Avant la greffe, ses capacités respiratoires sont évaluées à 30 %. Après l’opération, elles remontent à 60 %. En quelques mois, elles atteignent 70 %. Le souffle revient. L’effort reste exigeant, mais la vie s’élargit : « Aujourd’hui, je fais des randonnées. J’ai fait cent kilomètres sur le chemin de Compostelle. Porter des charges reste compliqué, mais on s’arrange. »
À l’automne, avec d’autres patients, Benjamin participe à la création de l’association des patients de Respi’RE 41, dont il devient président. L’objectif n’est pas médical, mais humain : rompre l’isolement, créer du lien, partager l’expérience vécue.
« Avant la greffe, je mettais quarante minutes pour prendre une douche, et il me fallait une heure pour me reposer. Aujourd’hui, c’est sept minutes. »

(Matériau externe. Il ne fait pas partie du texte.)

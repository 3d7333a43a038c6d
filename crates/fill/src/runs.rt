// Fills along a run of positions: the next address is one addition on, and how many entries are
// written is known before the first.
ghost use Rattle.std.specs.Prelude.{◌≡◌, ◌/◌, ◌≤◌, ◌<◌, length};
ghost use Rattle.model.specs.ByteFills.{store_entries};
ghost use Rattle.fill.specs.Ready.{Accepted, FillsBytesFrom};
ghost use Rattle.fill.specs.RunFills.{addresses_from, entries_in, InRun};

use crate::long::fill_list;
use crate::plan::onward_by;
use crate::ready::Start;
use model::{Address, LEAST_TRIES, Position};
use section::positions::index_at;
use section::shares::{Extent, Span};
use walk::bytes::put_entry;
use walk::moves::{self, Report};

// How many entries a fill writes from place t of a run: one for each try while the least of them is left,
// as far as the run and the list go.
fn entries_in(r: Span, t: Position, quota: u64, room: usize) -> usize
    requires { (t.0 < r.high.0) × (3 ≤ quota) }
    ensures { result ≡ entries_in r.high.0 t.0 quota room }
{
    (r.high.0 - t.0)
        .min(quota - (LEAST_TRIES - 1))
        .min(room as u64) as usize
}

// Addresses stored one after another, each so much on from the one before it.
fn put_run(list: &mut [u8], n: usize, first: Address, add: u64)
    requires { (n ≤ length list.old / 4) × (first.0 < 4294967296) × (add < 4294967296) }
    ensures { list.new ≡ store_entries list.old 0 (addresses_from n first.0 add) }
{
    let mut x = first.0;
    for i in 0..n {
        put_entry(list, i, x as u32);
        x = (x + add) % moves::ADDRESSES;
    }
}

// The fill of a run from a place in it.
fn fill_along(s: Start, r: Span, list: &mut [u8]) -> Report
    requires { InRun s r }
    ensures { FillsBytesFrom s list.old list.new result }
{
    let w = s.section;
    let t = s.place;
    let n = entries_in(r, t, s.quota, list.len() / 4);
    let first = Address(index_at(w, t).0 - r.base.0);
    put_run(list, n, first, onward_by(w.upward, w.stride));
    let on = Position(t.0 + n as u64);
    Report {
        entries: n,
        tries: n as u64,
        place: Position(if on.0 < r.high.0 { on.0 } else { w.count }),
    }
}

// The fill of a run. At the count there is no element.
pub(crate) fn fill_run(s: Start, r: Span, list: &mut [u8]) -> Report
    requires { Accepted s × (s.extent ≡ Extent.Run r) }
    ensures { FillsBytesFrom s list.old list.new result }
{
    if s.section.count <= s.place.0 {
        return Report {
            entries: 0,
            tries: 0,
            place: s.place,
        };
    }
    fill_along(s, r, list)
}

// The fill of a list of bytes.
pub fn fill_bytes_from(s: Start, list: &mut [u8]) -> Report
    requires { Accepted s }
    ensures { FillsBytesFrom s list.old list.new result }
{
    match s.extent {
        Extent::Blocks => fill_list(s, list),
        Extent::Run(r) => fill_run(s, r, list),
    }
}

Le 22 novembre dernier, une marche a été organisée autour du lac de la Pinçonnière. Malgré le froid, une cinquantaine de personnes ont répondu présent. « On a voulu faire comprendre aux proches ce que c’est que vivre avec une pathologie respiratoire », explique-t-il. Des ateliers étaient proposés : respirer uniquement à travers une paille, le nez pincé, pour faire éprouver la difficulté des gestes simples.
Ne pas être seulement des malades
L’association prolonge donc autrement ce qui se vit déjà au centre. « Il y a des co-patients pour qui c’est la seule sortie hebdomadaire. L’idée, c’est qu’on ne soit pas seulement des malades, mais des humains, des citoyens », souligne Benjamin Salesse. Marches, conférences, rencontres : les projets se dessinent. Sensibiliser les aidants, le public, mais aussi les médecins généralistes, prescripteurs encore trop peu nombreux, dans un territoire marqué par le désert médical.

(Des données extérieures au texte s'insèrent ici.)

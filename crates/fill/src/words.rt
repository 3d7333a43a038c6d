// Fills of a list of 32-bit words. The loops along a walk fill bytes; a list of words is
// filled chunk by chunk, each by a fill of bytes.
ghost use Rattle.std.specs.Prelude.{◌≡◌, ◌++◌, ◌+◌, ◌*◌, ◌/◌, ◌≤◌, ◌<◌, length, take, drop};
ghost use Rattle.numbers.specs.Words.{words_of};
ghost use Rattle.fill.specs.Ready.{Accepted, FillsFrom};

use crate::ready::Start;
use crate::runs::fill_bytes_from;
use model::LEAST_TRIES;
use numbers::words::word_at;
use walk::moves::Report;

// The most entries of a chunk, whose bytes a local array holds.
const CHUNK: usize = 1024;

// The first n words, put into a list.
fn put_words(bytes: &[u8], n: usize, list: &mut [u32])
    requires { (n ≤ length bytes.now / 4) × (n ≤ length list.old) }
    ensures { list.new ≡ take n (words_of 4 bytes.now) ++ drop n list.old }
{
    for i in 0..n {
        list[i] = word_at(bytes, i);
    }
}

// The fill of a list by that of its bytes, 4 to an entry. What they held before is not read.
fn fill_through(s: Start, bytes: &mut [u8], list: &mut [u32]) -> Report
    requires { Accepted s × (length bytes.old ≡ 4 * length list.old) }
    ensures { FillsFrom s list.old list.new result }
{
    let r = fill_bytes_from(s, bytes);
    put_words(bytes, r.entries, list);
    r
}

// The fill of a list that is no longer than a chunk.
fn fill_chunk(s: Start, list: &mut [u32]) -> Report
    requires { Accepted s × (length list.old ≤ 1024) }
    ensures { FillsFrom s list.old list.new result }
{
    let mut bytes = [0u8; 4 * CHUNK];
    let end = 4 * list.len();
    fill_through(s, &mut bytes[..end], list)
}

// Where the chunk from entry n on ends, in a list of so many entries.
fn chunk_end(n: usize, entries: usize) -> usize
    requires { n < entries }
    ensures { (n < result) × (result ≤ entries) × (result ≤ n + 1024) }
{
    n + CHUNK.min(entries - n)
}

// The fill of a list, one chunk after another, each from the place and with the tries that the
// one before it left.
pub fn fill_from(s: Start, list: &mut [u32]) -> Report
    requires { Accepted s }
    ensures { FillsFrom s list.old list.new result }
{
    let mut place = s.place;
    let mut paid: u64 = 0;
    let mut n: usize = 0;
    // Not a 'for' over chunks: one may end early, and the next begins where it ended.
    while n < list.len() {
        if place.0 == s.section.count {
            break;
        }
        if s.quota - paid < LEAST_TRIES {
            break;
        }
        let chunk = Start {
            place,
            quota: s.quota - paid,
            ..s
        };
        let end = chunk_end(n, list.len());
        let r = fill_chunk(chunk, &mut list[n..end]);
        place = r.place;
        paid += r.tries;
        n += r.entries;
    }
    Report {
        entries: n,
        tries: paid,
        place,
    }
}
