// The fill of an accepted section in blocks: where it stands at its place, and the loop for its plan.
ghost use Rattle.std.specs.Prelude.{◌≡◌};
ghost use Rattle.model.specs.Ownership.{column_of};
ghost use Rattle.section.specs.Strides.{Bounded};
ghost use Rattle.fill.specs.SectionMoves.{on_way};
ghost use Rattle.fill.specs.Starting.{task_in, Planned, InBlocks, StateOf, FillsBlocks};

use crate::plan::{Plan, plan_of};
use crate::ready::Start;
use model::{Address, Cell};
use section::positions::{address_at, cell_at};
use section::questions::Strided;
use walk::bytes::fill_bytes;
use walk::learning::{Elements, Task};
use walk::moves::{Moves, Report, State};
use walk::tables::fill_bytes_learning;

// The fill along the section's elements, by moves that are learnt.
pub(crate) fn task_of(s: Start, m: Moves) -> Task
    ensures { result ≡ task_in s m }
{
    let w = s.section;
    Task {
        elements: Elements {
            layout: w.layout,
            first: w.first,
            stride: w.stride,
            upward: w.upward,
        },
        moves: m,
        count: w.count,
        quota: s.quota,
    }
}

// The column of a cell, counted in walking direction.
pub(crate) fn column_of(w: Strided, c: Cell) -> u64
    requires { Bounded w }
    ensures { result ≡ on_way w.upward w.layout.block (column_of w.layout c.0) }
{
    let k = w.layout.block;
    let q = c.0 % k;
    if w.upward {
        return q;
    }
    k - 1 - q
}

// Where the fill stands before its first turn. At the count there is no element.
pub(crate) fn state_at(s: Start) -> State
    requires { InBlocks s }
    ensures { StateOf s result }
{
    let w = s.section;
    let t = s.place;
    let past = State {
        column: 0,
        address: Address(0),
        place: t,
        paid: 0,
    };
    if w.count <= t.0 {
        return past;
    }
    State {
        column: column_of(w, cell_at(w, t)),
        address: address_at(w, t),
        ..past
    }
}

// The fill of a short list of bytes.
pub fn fill_blocks(s: Start, list: &mut [u8]) -> Report
    requires { InBlocks s }
    ensures { FillsBlocks s list.old list.new result }
{
    let w = s.section;
    let state = state_at(s);
    match plan_of(w, s.processor) {
        Plan::Constant(m) => fill_bytes(m, w.count, s.quota, state, list),
        Plan::Learnt(m) => fill_bytes_learning(task_of(s, m), state, list),
    }
}

// The same by a plan that was found before. A twin that stays: under one function a plan is handed on
// in memory, which costs every fill of a section some 30 ns.
pub(crate) fn fill_planned(s: Start, plan: Plan, list: &mut [u8]) -> Report
    requires { InBlocks s × Planned s.section s.processor plan }
    ensures { FillsBlocks s list.old list.new result }
{
    let w = s.section;
    let state = state_at(s);
    match plan {
        Plan::Constant(m) => fill_bytes(m, w.count, s.quota, state, list),
        Plan::Learnt(m) => fill_bytes_learning(task_of(s, m), state, list),
    }
}
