// Questions 8, 10 and 11 of a fill, on whatever numbers a caller passes, after those about
// the section; and the fill that passes them, on natural numbers.
ghost use Rattle.std.specs.Prelude.{◌≡◌};
ghost use Rattle.model.specs.Mappings.{dealing_with, section_with};
ghost use Rattle.model.specs.Refusals.{by_number};
ghost use Rattle.mapping.specs.Parts.{Listed};
ghost use Rattle.section.specs.Strides.{Bounded};
ghost use Rattle.section.specs.Shares.{Fitted};
ghost use Rattle.fill.specs.Ready.{is_place_in, ready_in, ready_of, SoundReady};

use mapping::questions::{natural, within};
use model::{Dealing, LEAST_TRIES, MOST_TRIES, Position, Refusal, Section};
use section::questions::{Strided, ask_section, is_processor};
use section::shares::{Extent, Share, owns_at, share_of};

// A fill that passed its questions: its section, the processor and the extent of its share, the
// place to start from and the quota.
// No ghost field says that it passed (`Accepted`): `start_at` makes one of any numbers.
#[derive(Clone, Copy)]
pub struct Start {
    pub section: Strided,
    pub processor: u64,
    pub extent: Extent,
    pub place: Position,
    pub quota: u64,
}

// Question 10: is the place the count, or a position whose element the processor owns? grid_section asks
// the same of its shares: not one function, since a trait of both, with its laws, is longer than the two.
fn is_place(s: Share, place: i64) -> bool
    requires { Fitted s }
    ensures { result ≡ is_place_in s place }
{
    let count = s.section.count;
    let t = natural(place);
    0 <= place && (t == count || t < count && owns_at(s, Position(t)))
}

// Questions 8, 10 and 11, and the fill that passes them.
fn ready_in(
    w: Strided,
    d: Dealing,
    sizes: &[u8],
    processor: i64,
    place: i64,
    quota: i64,
) -> Result<Start, Refusal>
    requires { Bounded w × Listed w.layout (dealing_with d sizes.now) }
    ensures value { by_number result ≡ ready_in w (dealing_with d sizes.now) processor place quota }
    ensures sound_ready { SoundReady (by_number result) }
{
    if !is_processor(w.layout, processor) {
        return Err(Refusal::Processor);
    }
    let share = share_of(w, d, sizes, processor);
    if !is_place(share, place) {
        return Err(Refusal::Place);
    }
    if !within(LEAST_TRIES as i64, MOST_TRIES as i64, quota) {
        return Err(Refusal::Quota);
    }
    Ok(Start {
        section: w,
        processor: share.processor,
        extent: share.extent,
        place: Position(natural(place)),
        quota: natural(quota),
    })
}

// Questions 1 to 8, 10 and 11, and the fill that passes them.
pub fn ask_fill(
    x: Section,
    sizes: &[u8],
    processor: i64,
    place: i64,
    quota: i64,
) -> Result<Start, Refusal>
    ensures value { by_number result ≡ ready_of (section_with x sizes.now) processor place quota }
    ensures sound_ready { SoundReady (by_number result) }
{
    let w = ask_section(x, sizes)?;
    ready_in(w, x.mapping.dealing, sizes, processor, place, quota)
}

Un enjeu humain, et collectif
La réhabilitation respiratoire a aussi un impact économique. Une hospitalisation évitée, une infection anticipée, ce sont des coûts réduits pour la collectivité. Mais l’enjeu principal reste ailleurs. Julien Trassard le résume sans emphase : « Les patients se portent mieux, connaissent mieux leur pathologie, évitent les surinfections, et surtout, ils retrouvent une qualité de vie. » Autrement dit, respirer, concrètement. Et, parfois, respirer ensemble.